Choosing a plot for building a house

Content
  1. Choice of size and shape
  2. What kind of soil can you build on?
  3. What else should you pay attention to?

To buy a land plot with an eye only on a low price means to doom yourself to long-term overcoming of more than a dozen serious problems. This also applies to difficulties with the legality of the transaction. What to look for when buying a land plot for the construction of a residential building, we will consider in more detail.

Choice of size and shape

The sizes of typical summer cottages in most cases are 5-6 acres. These are square or rectangular land plots sold by the state, local authorities and other owners (citizens of Russia and companies). In urban conditions with a significantly higher population density, the land plots left after the demolition of old houses and other types of buildings can be 1-5 hectare. Land plots, on which 2-3-apartment houses with common courtyards were previously built, can have an arbitrary area at all, for example, 2.2 hundred square meters (10x22 m).

It is advisable to acquire a plot not of an angular, but of a rectangular shape.

If you got a triangular (at the turn) or uneven quadrangular allotment, then difficulties may arise with the construction of a residential building (a house for permanent residence). It makes sense to knock down the real price of the seller of such a site, for example, by 30%, justifying such a "price drop" in a non-standard form.

Let be, for example, there is a section in the form of a right-angled triangle, the legs of which are 10 and 50 m. The area of ​​a rectangle with such sides would be equal to 500 m2 (5 acres). Let's say you got a triangular section with sides of 50 m. The hypotenuse of such a triangle would be 51 m. The area is 2.5 acres.

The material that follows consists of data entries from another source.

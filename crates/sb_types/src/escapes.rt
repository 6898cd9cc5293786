//! The spelling of texts: a backslash and two digits in place of each control byte and of the backslash.
ghost use Rattle.std.specs.Prelude.{◌≡◌, ◌≢◌, ℕ, ◌<◌, ◌≤◌, ◌/◌, ◌%◌, ◌++◌, ◌∷◌, List, true, IfSome, IfNone, length, take, drop};
ghost use Rattle.std.specs.Char.{digit_char};
ghost use Rattle.sb_types.specs.Spelling.{is_escaped, printed_byte, printed_text};

use crate::limits::TEXT_MOST;

/// Returns whether a byte is spelled by a backslash and two digits.
fn is_escaped(byte: u8) -> bool
    ensures { result ≡ is_escaped byte }
{
    byte < 32 || byte == 127 || byte == b'\\'
}

/// Returns the number of a digit of 0-9 and a-f.
fn digit_of(byte: u8) -> Option<u8>
    ensures some { IfSome result (λ digit. (digit < 16) × (digit_char digit ≡ byte)) }
    ensures none { IfNone result ((digit : ℕ) → digit < 16 → digit_char digit ≢ byte) }
{
    match byte {
        b'0'..=b'9' => Some(byte - b'0'),
        b'a'..=b'f' => Some(byte - b'a' + 10),
        _ => None,
    }
}

/// Returns the byte that two digits spell.
fn escape_of(high: u8, low: u8) -> Option<u8>
    ensures some { IfSome result (λ byte. (is_escaped byte ≡ true) × (digit_char (byte / 16) ≡ high) × (digit_char (byte % 16) ≡ low)) }
    ensures none { IfNone result ((byte : ℕ) → is_escaped byte ≡ true → digit_char (byte / 16) ≡ high → digit_char (byte % 16) ≢ low) }
{
    let byte = digit_of(high)? * 16 + digit_of(low)?;
    if is_escaped(byte) { Some(byte) } else { None }
}

/// Returns the byte that is spelled first, and how many bytes its spelling takes.
fn first_byte(word: &[u8]) -> Option<(u8, usize)>
    ensures some { IfSome result (λ p. (1 ≤ p.1) × (p.1 ≤ length word.now) × (word.now ≡ printed_byte p.0 ++ drop p.1 word.now)) }
    ensures none { IfNone result ((byte : ℕ) (rest : List ℕ) → word.now ≢ printed_byte byte ++ rest) }
{
    let first = *word.first()?;
    if first == b'\\' {
        let byte = escape_of(*word.get(1)?, *word.get(2)?)?;
        return Some((byte, 3));
    }
    if is_escaped(first) {
        return None;
    }
    Some((first, 1))
}

/// Writes the bytes that a word spells at the beginning of the room, and returns how many there are. Returns `None` if
/// the word is not a spelling, or spells more bytes than fit.
pub(crate) fn unescape(word: &[u8], room: &mut [u8; TEXT_MOST]) -> Option<usize>
    ensures some { IfSome result (λ count. (count ≤ TEXT_MOST) × (word.now ≡ printed_text (take count room.new))) }
    ensures none { IfNone result ((text : List ℕ) → length text ≤ TEXT_MOST → word.now ≢ printed_text text) }
{
    let mut rest = word;
    let mut count = 0;
    while !rest.is_empty() {
        let (byte, length) = first_byte(rest)?;
        if count == TEXT_MOST {
            return None;
        }
        room[count] = byte;
        count += 1;
        rest = &rest[length..];
    }
    Some(count)
}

It would be difficult to build, say, a house with dimensions of at least 10x10 m on such a site - the builder (and the owner) would go beyond its borders. Therefore, the owner would have to make the house narrow, for example, 4x8 m, and adapt the rest of the area for a garden, vegetable garden and utility rooms - according to modern standards for country and suburban construction, the house should not be right next to the border of the adjacent plot.

What kind of soil can you build on?

The construction will pay off on stony and chernozem soils, which are fixed. A clay hill, which can, for example, "crawl away" during prolonged downpours or flood of mountain rivers, will not withstand the structure - it will "float away" with it. And also you cannot build a house on sandy soils, for example, if these are desert dunes - moving sands migrating from place to place can simply fill it up.

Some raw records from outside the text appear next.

//! What follows from the definitions alone. The functions do nothing: each clause is a law.

ghost use Rattle.std.specs.Prelude.{◌≡◌, ◌==◌, ℕ, ◌∷◌, ◌++◌, List, true, false, Some, Ok};
ghost use Rattle.sb_types.specs.declared.kind.Kind as declared_kind;
ghost use Rattle.sb_types.specs.Kinds as table;
ghost use Rattle.sb_types.specs.Lengths.{value_length};
ghost use Rattle.sb_types.specs.Spelling.{printed_text, is_one_line};
ghost use Rattle.sb_types.specs.Value as values;

use crate::format::{
    BLOCK_HEAD_MOST, BYTE_LENGTH, COUNT_LENGTH, ENTRY_LENGTH_MOST, FRAME_MARK, FRAME_VERSION,
    HEADER_LENGTH, KEY_LENGTH_MOST, KIND_AGES, KIND_ASK, KIND_ASK_AGES, KIND_ASK_CHANGE,
    KIND_ASK_STATUS, KIND_BYE, KIND_DELTA, KIND_DIGEST, KIND_DONE, KIND_HELLO, KIND_NODE_STATUS,
    KIND_NOTICE, KIND_PUT, KIND_REFUSED, KIND_ROWS, NAME_LENGTH_MOST, NUMBER_LENGTH, REASON_MOST,
    REASON_ROUNDS_DONE, SHORT_TEXT_LENGTH_MOST, TAG_ADDR, TAG_FLAG, TAG_REMOVED, TAG_TEXT,
    TAG_WEIGHT, VALUE_LENGTH_MOST,
};
use crate::limits::{
    ADDR_MOST, BUDGET_LEAST, BUDGET_MOST, ENTRIES_MOST, FAULT_NUMBER_MOST, KEY_MOST, KEYS_MOST,
    NAME_MOST, OWNERS_MOST, PAYLOAD_MOST, SEATS_MOST, SHORT_TEXT_MOST, TEXT_MOST, VERSION_MOST,
    WEIGHT_MOST, WORKERS_MOST,
};

/// Each limit of the directory is this number.
pub fn limits_are_these_numbers()
    ensures name_most { NAME_MOST ≡ 32 }
    ensures key_most { KEY_MOST ≡ 64 }
    ensures addr_most { ADDR_MOST ≡ 128 }
    ensures text_most { TEXT_MOST ≡ 512 }
    ensures short_text_most { SHORT_TEXT_MOST ≡ 128 }
    ensures weight_most { WEIGHT_MOST ≡ 9223372036854775807 }
    ensures owners_most { OWNERS_MOST ≡ 1024 }
    ensures keys_most { KEYS_MOST ≡ 4096 }
    ensures entries_most { ENTRIES_MOST ≡ 65535 }
    ensures version_most { VERSION_MOST ≡ 1099511627775 }
    ensures seats_most { SEATS_MOST ≡ 64 }
    ensures workers_most { WORKERS_MOST ≡ 62 }
    ensures budget_least { BUDGET_LEAST ≡ 1024 }
    ensures payload_most { PAYLOAD_MOST ≡ 65530 }
    ensures budget_most { BUDGET_MOST ≡ 65536 }
    ensures fault_number_most { FAULT_NUMBER_MOST ≡ 31 }
{}

/// Each mark, kind, tag and reason of the format is this number.
pub fn marks_are_these_numbers()
    ensures frame_mark { FRAME_MARK ≡ 167 }
    ensures frame_version { FRAME_VERSION ≡ 3 }
    ensures kind_hello { KIND_HELLO ≡ 1 }
    ensures kind_digest { KIND_DIGEST ≡ 2 }
    ensures kind_delta { KIND_DELTA ≡ 3 }
    ensures kind_bye { KIND_BYE ≡ 4 }
    ensures kind_ask { KIND_ASK ≡ 16 }
    ensures kind_rows { KIND_ROWS ≡ 17 }
    ensures kind_put { KIND_PUT ≡ 18 }
    ensures kind_done { KIND_DONE ≡ 19 }
    ensures kind_refused { KIND_REFUSED ≡ 20 }
    ensures kind_ask_status { KIND_ASK_STATUS ≡ 21 }
    ensures kind_node_status { KIND_NODE_STATUS ≡ 22 }
    ensures kind_ask_change { KIND_ASK_CHANGE ≡ 23 }
    ensures kind_notice { KIND_NOTICE ≡ 24 }
    ensures kind_ask_ages { KIND_ASK_AGES ≡ 25 }
    ensures kind_ages { KIND_AGES ≡ 26 }
    ensures tag_removed { TAG_REMOVED ≡ 0 }
    ensures tag_addr { TAG_ADDR ≡ 1 }
    ensures tag_weight { TAG_WEIGHT ≡ 2 }
    ensures tag_flag { TAG_FLAG ≡ 3 }
    ensures tag_text { TAG_TEXT ≡ 4 }
    ensures reason_rounds_done { REASON_ROUNDS_DONE ≡ 1 }
    ensures reason_most { REASON_MOST ≡ 5 }
{}

/// Each part of a message takes this many bytes.
pub fn lengths_are_these_numbers()
    ensures header_length { HEADER_LENGTH ≡ 6 }
    ensures byte_length { BYTE_LENGTH ≡ 1 }
    ensures count_length { COUNT_LENGTH ≡ 2 }
    ensures number_length { NUMBER_LENGTH ≡ 8 }
    ensures name_length_most { NAME_LENGTH_MOST ≡ 33 }
    ensures key_length_most { KEY_LENGTH_MOST ≡ 65 }
    ensures short_text_length_most { SHORT_TEXT_LENGTH_MOST ≡ 129 }
    ensures value_length_most { VALUE_LENGTH_MOST ≡ 514 }
    ensures entry_length_most { ENTRY_LENGTH_MOST ≡ 588 }
    ensures block_head_most { BLOCK_HEAD_MOST ≡ 59 }
{}

/// Different values have different words, and a printed value, cut at its first space, is its two words. So a printed
/// value is read back as that value alone. It contains no control byte, so a line that contains it stays one line.
pub fn words_tell_values_apart()
    ensures apart { (a b : values.Value) → values.is_value a ≡ true → values.is_value b ≡ true → values.words_of a ≡ values.words_of b → a ≡ b }
    ensures cut { (a : values.Value) (kind word : List ℕ) → values.is_word kind ≡ true → values.line_of a ≡ kind ++ 32 ∷ word → values.words_of a ≡ (kind, word) }
    ensures line { (a : values.Value) → values.is_value a ≡ true → is_one_line (values.line_of a) ≡ true }
{}

/// Different texts have different spellings, whatever their length and bytes. A spelling contains no control byte.
pub fn spellings_tell_texts_apart()
    ensures apart { (a b : List ℕ) → printed_text a ≡ printed_text b → a ≡ b }
    ensures line { (text : List ℕ) → is_one_line (printed_text text) ≡ true }
{}

/// A value is its kind and its content: both together make it again, and its words and its length come of them. Each
/// kind has a tag of its own, which is not that of a tombstone.
pub fn kind_and_content_make_a_value()
    ensures tag { (kind : declared_kind.Kind) → table.kind_of_tag (table.tag_of kind) ≡ Some kind }
    ensures tagged { (tag : ℕ) (kind : declared_kind.Kind) → table.kind_of_tag tag ≡ Some kind → table.tag_of kind ≡ tag }
    ensures not_removed { (kind : declared_kind.Kind) → (table.tag_of kind == TAG_REMOVED) ≡ false }
    ensures form { (value : values.Value) → table.form_in (table.content_of value) ≡ table.form_of (table.kind_of value) }
    ensures words { (value : values.Value) → values.words_of value ≡ (table.word_of (table.kind_of value), table.content_word (table.content_of value)) }
    ensures length { (value : values.Value) → value_length value ≡ table.content_length (table.content_of value) }
    ensures again { (value : values.Value) → values.is_value value ≡ true → table.value_of (table.kind_of value) (table.content_of value) ≡ Ok value }
    ensures parts { (kind : declared_kind.Kind) (content : table.Content) (value : values.Value) → table.value_of kind content ≡ Ok value →
        (table.kind_of value ≡ kind) × (table.content_of value ≡ content) × (values.is_value value ≡ true) }
{}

The groundwater level should not pass in the immediate vicinity of the earth's surface. A high level of groundwater occurrence poses a danger to the foundation - it will not be possible to fully waterproof from it, and the house will be considered flooded from below, which will greatly complicate its resale.

Here it is more correct to ask where it is impossible (not allowed) to build. Such lands include:

  1. territory of roads - this includes highways and railways, including their embankments;
  2. land allocated for multi-storey residential or industrial construction;
  3. the territory adjacent to airports, stadiums, gas stations or other objects of social significance;
  4. places under power lines, highways area (pipelines, electrical and signal cables);
  5. land illegally seized on the territory of the Russian Forest Fund;
  6. lands illegally cut from neighbors;
  7. strategic heights given over to telecommunications, military facilities, and more;
  8. garbage and nuclear, military landfills;
  9. strips of land close to cemeteries or on their territory;
  10. territory of treatment facilities of plants and factories;
  11. strips of land closer than 200 m from the coastline of rivers, lakes and reservoirs, seas and oceans.

Land that is not included in any of these categories is easily legalized in terms of future construction.

What else should you pay attention to?

Land suitable for the construction of a country house or country house must be accessible from nearby cities and towns. To build a house on the edge of a forest, even if the permission of the RF Forest Fund has been received, is unlikely to be for permanent residence - a person is a social being. No one will literally want to be cut off from the rest of the world if this person is not a hermit. Nevertheless, out of every thousand - or tens of thousands - there is someone who wants to buy land for building a house, for example, in an abandoned village, which is still on the cadastral map as land of settlements, and the village has not been officially and forcibly resettled.

From time to time, abandoned houses come across on ad sites, which are actually sold for a pittance - from thousands to tens of thousands of rubles.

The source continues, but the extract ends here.